Spin-orbit coupling in the band structure of reconstructed $1T\text{−}{\mathrm{TaS}}_2$

Empirical tight-binding simulations of the band structure of $1T\text{−}{\mathrm{TaS}}_2$ reveal that the combination of spin-orbit coupling and the low-temperature $\sqrt{13}\times \sqrt{13}$ reconstruction generates a distinct and very narrow band at the Fermi level. Spin-orbit interaction is therefore important in any understanding of the correlation effects in this material.

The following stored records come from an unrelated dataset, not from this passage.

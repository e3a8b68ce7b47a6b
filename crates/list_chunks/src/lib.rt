// The listing of a reel as text: document 01, "Reels and the trailer", third paragraph.
#![tactic(auto)]

ghost use Rattle.std.specs.Prelude.{◌≡◌, ◌+◌, ◌-◌, ◌≤◌, length};
ghost use Rattle.answer.specs.Answer.{told_written};
ghost use Rattle.state.specs.Outcome.{lent_bytes, leaves};
ghost use Rattle.list_text.specs.Stored.{Stored};
ghost use Rattle.chunks.specs.Spans.{HEADER_BYTES as header_bytes};
ghost use Rattle.list_chunks.specs.Listing.{head_bytes, count_at, opens, LIST_DEPTH as list_depth, container_of, children_of, reel_lines, LIST_INPUT as longest_input, listing, list};
ghost use Rattle.list_chunks.specs.Room.{Listed, Lines, list_most};

use answer::{Refusal, Refused};
use chunks::{CHUNK_HEADER, Chunk, HEADER_BYTES};
use format::{FLI_PSTAMP, FRAME_TYPE, PREFIX_TYPE};
use reel_header::{Head, Takes};

// The most bytes of the input.
pub const LIST_INPUT: usize = 65536;

// The most bytes of a chunk's line, of the first line and of the last.
const LINE_MOST: usize = 20;

const HEAD_MOST: usize = 18;

const OK_MOST: usize = 3;

// The most bytes of a listing: a line for each 6 bytes behind the header, the first line and the last.
pub const LIST_MOST: usize = LINE_MOST * (LIST_INPUT - HEADER_BYTES) / CHUNK_HEADER
    + HEAD_MOST
    + OK_MOST;

// The deepest line.
const LIST_DEPTH: usize = 8;

// Whether a child of this kind is opened, inside a container of the parent's kind. Here and below a kind is the file's own number, of which any may
// come, so it is no enum.
#[tactic(auto, unfolding(crate::specs::Listing::opens))]
fn is_opened(kind: usize, parent: usize) -> bool
    ensures { result ≡ opens kind parent }
{
    match kind {
        FLI_PSTAMP => parent != FLI_PSTAMP,
        PREFIX_TYPE | FRAME_TYPE => true,
        _ => false,
    }
}

// The bytes of a container of this kind before its children.
fn head_bytes(kind: usize) -> usize
    ensures { result ≡ head_bytes kind }
{
    if kind == FLI_PSTAMP { 12 } else { 16 }
}

// How many children the container at an offset has.
#[tactic(auto, unfolding(crate::specs::Listing::count_at))]
fn child_count(b: &[u8], at: usize, kind: usize) -> usize
    requires { at + 8 ≤ length b.now }
    ensures { result ≡ count_at b.now at kind }
{
    if kind == FLI_PSTAMP {
        return 1;
    }
    words::u16_at(b, at + 6)
}

// Lists what is inside the container at offset at. The output and the place in it stay two parameters, as in list_text, whose Stored speaks of both.
#[cycle(listers)]
fn list_container(
    out: &mut [u8],
    start: usize,
    b: &[u8],
    depth: usize,
    at: usize,
    container: Chunk,
) -> usize
    requires { (at ≤ container.end) × (container.end ≤ length b.now) × (length b.now ≤ longest_input) × (depth ≤ list_depth)
        × Lines start (container.end - at - 6) out.old }
    ensures { Stored out.old start (container_of b.now depth at container.end container.kind) out.new result }
{
    let Chunk { kind, end } = container;
    let head = head_bytes(kind);
    if depth >= LIST_DEPTH || end - at < head {
        return start;
    }
    let count = child_count(b, at, kind);
    list_children(out, start, b, depth + 1, kind, end, count, at + head)
}

// Lists at most count children from offset from to offset to, each with what is inside it.
#[cycle(listers)]
fn list_children(
    out: &mut [u8],
    start: usize,
    b: &[u8],
    depth: usize,
    parent: usize,
    to: usize,
    count: usize,
    from: usize,
) -> usize
    requires { (from ≤ to) × (to ≤ length b.now) × (length b.now ≤ longest_input) × (depth ≤ list_depth) × Lines start (to - from) out.old }
    ensures { Stored out.old start (children_of b.now depth parent to count from) out.new result }
{
    let mut at = from;
    let mut n = start;
    for _ in 0..count {
        let Ok(child) = chunks::header_at(&b[..to], at) else {
            return n;
        };
        n = list_text::put_line(out, n, depth, at, child.kind, child.end - at);
        if is_opened(child.kind, parent) {
            n = list_container(out, n, b, depth, at, child);
        }
        at = child.end;
    }
    n
}

// Lists the chunks of the reel b, which has this header, up to the ring, which ends at offset end.
fn list_reel(out: &mut [u8], b: &[u8], head: Head, end: usize) -> usize
    requires { Listed b.now head.picture.width head.picture.height head.frames × (header_bytes ≤ end) × (end ≤ length b.now) × (list_most ≤ length out.old) }
    ensures { Stored out.old 0 (reel_lines b.now head.picture.width head.picture.height head.frames end) out.new result }
{
    let n = list_text::put_head(out, head.picture.width, head.picture.height, head.frames);
    let m = list_children(out, n, b, 0, 0, end, b.len(), HEADER_BYTES);
    list_text::put_ok(out, m)
}

// The listing of bytes, in a buffer that holds any; gives its length.
pub fn list_text(out: &mut [u8], bytes: &[u8]) -> usize
    requires { list_most ≤ length out.old }
    ensures { Stored out.old 0 (listing bytes.now) out.new result }
{
    if bytes.len() > LIST_INPUT {
        return list_text::put_refused(out, Refusal::NoRoom, 0);
    }
    // A refusal is written as a line here, and not handed on, so that there is no `?`.
    match reel_header::head_of(Takes::FlcOnly, bytes) {
        Err(e) => list_text::put_refused(out, e, 0),
        Ok(head) => match chunks::walk_frames(&bytes[..head.size], head.frames + 1) {
            Err(Refused(e, place)) => list_text::put_refused(out, e, place),
            Ok(end) => list_reel(out, &bytes[..head.size], head, end),
        },
    }
}

// Writes the listing of bytes to the output, if it fits.
pub fn list_into(bytes: &[u8], out: &mut [u8]) -> Result<usize, Refused>
    ensures { leaves (told_written result) (lent_bytes out.new) ≡ list bytes.now out.old }
{
    // Room for any listing and no String: the project takes no memory from a heap.
    let mut lines = [0; LIST_MOST];
    let n = list_text(&mut lines, bytes);
    if out.len() < n {
        return Err(Refused(Refusal::NoRoom, 0));
    }
    words::copy(&mut out[..n], &lines[..n]);
    Ok(n)
}
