// Finds the next frame of a reel from an offset on; bytes: the reel up to its size.
#[unsafe(no_mangle)]
pub extern "C" fn flic_next_frame(bytes: &[u8], at: usize) -> FrameSpan
    ensures { result ≡ span_for (next_at Loose bytes.now at) }
{
    match chunks::next_at(bytes, at) {
        Err(Refused(e, place)) => FrameSpan {
            number: u32::from(e),
            place: place as u64,
            from: 0,
            end: 0,
        },
        Ok(frame) => FrameSpan {
            number: 0,
            place: 0,
            from: frame.from as u64,
            end: frame.end as u64,
        },
    }
}

// The refusal of a delay that two bytes don't hold.
fn too_long() -> DelayAnswer
    ensures { result ≡ too_long }
{
    DelayAnswer {
        number: u32::from(Refusal::BadHeader),
        place: 0,
        delay: 0,
    }
}

// A delay in jiffies, in milliseconds.
#[unsafe(no_mangle)]
pub extern "C" fn flic_in_milliseconds(jiffies: u32) -> DelayAnswer
    ensures { result ≡ milliseconds_for jiffies }
{
    if jiffies > 65535 {
        return too_long();
    }
    DelayAnswer {
        number: 0,
        place: 0,
        delay: Milliseconds::from(Jiffies(jiffies as u16)).0,
    }
}

// A delay in milliseconds, in jiffies.
#[unsafe(no_mangle)]
pub extern "C" fn flic_in_jiffies(delay: u32) -> DelayAnswer
    ensures { result ≡ jiffies_for (in_jiffies (milliseconds delay)) }
{
    match Jiffies::try_from(Milliseconds(delay)) {
        Ok(jiffies) => DelayAnswer {
            number: 0,
            place: 0,
            delay: u32::from(jiffies.0),
        },
        Err(_) => too_long(),
    }
}

// No player: the zeros that C gets of a refused start.
fn no_player() -> Player
    ensures { result ≡ no_player }
{
    Player {
        width: 0,
        height: 0,
        frames: 0,
        number: 0,
        place: 0,
        second: 0,
        speed: Milliseconds(0),
        last: 0,
        format: 0,
    }
}

// Starts a player on a whole reel.
#[unsafe(no_mangle)]
pub extern "C" fn flic_start_player(
    bytes: &[u8],
    reading: u32,
    first_picture: &mut [u8],
    first_palette: &mut [u8],
    second_picture: &mut [u8],
    second_palette: &mut [u8],
) -> PlayerAnswer
    ensures { HeldPlayer result.number result.place result.player (lent_pairs (state first_picture.new first_palette.new) (state second_picture.new second_palette.new))
        (start_player bytes.now reading (state first_picture.old first_palette.old) (state second_picture.old second_palette.old)) }
{
    let started = board_player::start_player(
        bytes,
        reading,
        first_picture,
        first_palette,
        second_picture,
        second_palette,
    );
    match started {
        Ok(player) => PlayerAnswer {
            number: 0,
            place: 0,
            player,
        },
        Err(Refused(e, place)) => PlayerAnswer {
            number: u32::from(e),
            place: place as u64,
            player: no_player(),
        },
    }
}

impl From<Result<Event, Refused>> for TickAnswer {
    ghost from_gives = { λ a result. Told result.number result.place (told_tick a) × (result.event ≡ event_of (told_tick a)) };

    fn from(a: Result<Event, Refused>) -> TickAnswer {
        match a {
            Ok(event) => TickAnswer {
                number: 0,
                place: 0,
                event: u32::from(event),
            },
            Err(Refused(e, place)) => TickAnswer {
                number: u32::from(e),
                place: place as u64,
                event: 0,
            },
        }
    }
}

The states within the split-off band are primarily of $d_{x^2-y^2}$, $d_{xy}$ character and reside preferentially on the central atom of the “Star-of-David” cluster.

Figure 1

(Color online) (a) Band structure of $1T\text{−}{\mathrm{TaS}}_2$ both with [bold green (light gray) curves] and without (thinner black curves) the $\mathrm{Ta}$ $5d$ spin-orbit coupling. (b) Crystal-field diagram showing the mean energies of the $z^2$, $x^2-y^2∕xy$, and $yz∕zx$ orbitals. The energy scales have been adjusted to bring the Fermi levels into alignment.

Figure 2

(Color online) Unit cell of the $\sqrt{13}\times \sqrt{13}$ reconstruction of $1T\text{−}{\mathrm{TaS}}_2$ showing the “Star-of-David” clusters having inequivalent “a,” “b,” and “c” Ta atoms. The arrows indicate the displacements of the Ta atoms from their original positions.

Figure 3

(Color online) (a) Band structure of $1T\text{−}{\mathrm{TaS}}_2$ in the unreconstructed case [bold green (light gray) curves] and the Umklapp bands (thinner black curves) generated by translation through the reciprocal lattice vectors of the reconstructed Brillouin zone. (b) Reconstructed band structure with inclusion of the bond strengthenings within the Star-of-David as described in the text. (c) Reconstructed band structure with inclusion of Ta spin-orbit coupling revealing [bold green (light gray) curve] a single distinct split-off band. (d) Atom-projected densities of states showing that the states in the split-off band reside primarily on the “a” atoms at the center of the cluster. (e) Orbital-projected densities of states showing that the states in the split-off band are primarily of $x^2-y^2∕xy$ character. The energy scales have been adjusted to bring the respective Fermi levels into alignment.